Without skipping anything, print all of the data exactly.

[[ Materials provided open ]]

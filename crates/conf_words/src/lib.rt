//! The words that the program `confstore` takes. [`parse`] reads them to an [`Invocation`], or says what their help is
//! or why they are wrong; [`parse_with_wait`] says how long locks are waited for, too; [`escaped`] shows texts from
//! outside.
#![tactic(auto)]

mod abouts;
mod arguments;
mod change_words;
mod conditions;
mod escapes;
mod folder_word;
mod invocation;
mod laws;
mod listing;
mod read_words;
mod refusal;
mod subcommand;
mod text_words;
mod unparsed;
mod waiting;
mod words;

pub use escapes::escaped;
pub use folder_word::FolderWord;
pub use invocation::{
    Alteration, Batch, Commands, Comments, Conditions, Formatting, Grouping, Import, Invocation,
    LogForm, MissingStore, MissingValue, NamesForm, Place, Places, Placing, Put, RawEnd, Reporting,
    Root, STANDARD_INPUT, Span, Style, Target, TreeForm, Value, ValueForm, Wanted,
};
pub use laws::{files_always_fit, no_two_texts_are_shown_alike};
pub use subcommand::Subcommand;
pub use unparsed::Unparsed;
pub use waiting::WAIT_VARIABLE;
pub use words::{Asked, parse, parse_with_wait};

[[ Materials provided closed ]]

**Output for this exercise**
filename crates/conf_words/src/lib.rt
//! The words that the program `confstore` takes. [`parse`] reads them to an [`Invocation`], or says what their help is
//! or why they are wrong; [`parse_with_wait`] says how long locks are waited for, too; [`escaped`] shows texts from
//! outside.
#![tactic(auto)]

mod abouts;
mod arguments;
mod change_words;
mod conditions;
mod escapes;
mod folder_word;
mod invocation;
mod laws;
mod listing;
mod read_words;
mod refusal;
mod subcommand;
mod text_words;
mod unparsed;
mod waiting;
mod words;

pub use escapes::escaped;
pub use folder_word::FolderWord;
pub use invocation::{
    Alteration, Batch, Commands, Comments, Conditions, Formatting, Grouping, Import, Invocation,
    LogForm, MissingStore, MissingValue, NamesForm, Place, Places, Placing, Put, RawEnd, Reporting,
    Root, STANDARD_INPUT, Span, Style, Target, TreeForm, Value, ValueForm, Wanted,
};
pub use laws::{files_always_fit, no_two_texts_are_shown_alike};
pub use subcommand::Subcommand;
pub use unparsed::Unparsed;
pub use waiting::WAIT_VARIABLE;
pub use words::{Asked, parse, parse_with_wait};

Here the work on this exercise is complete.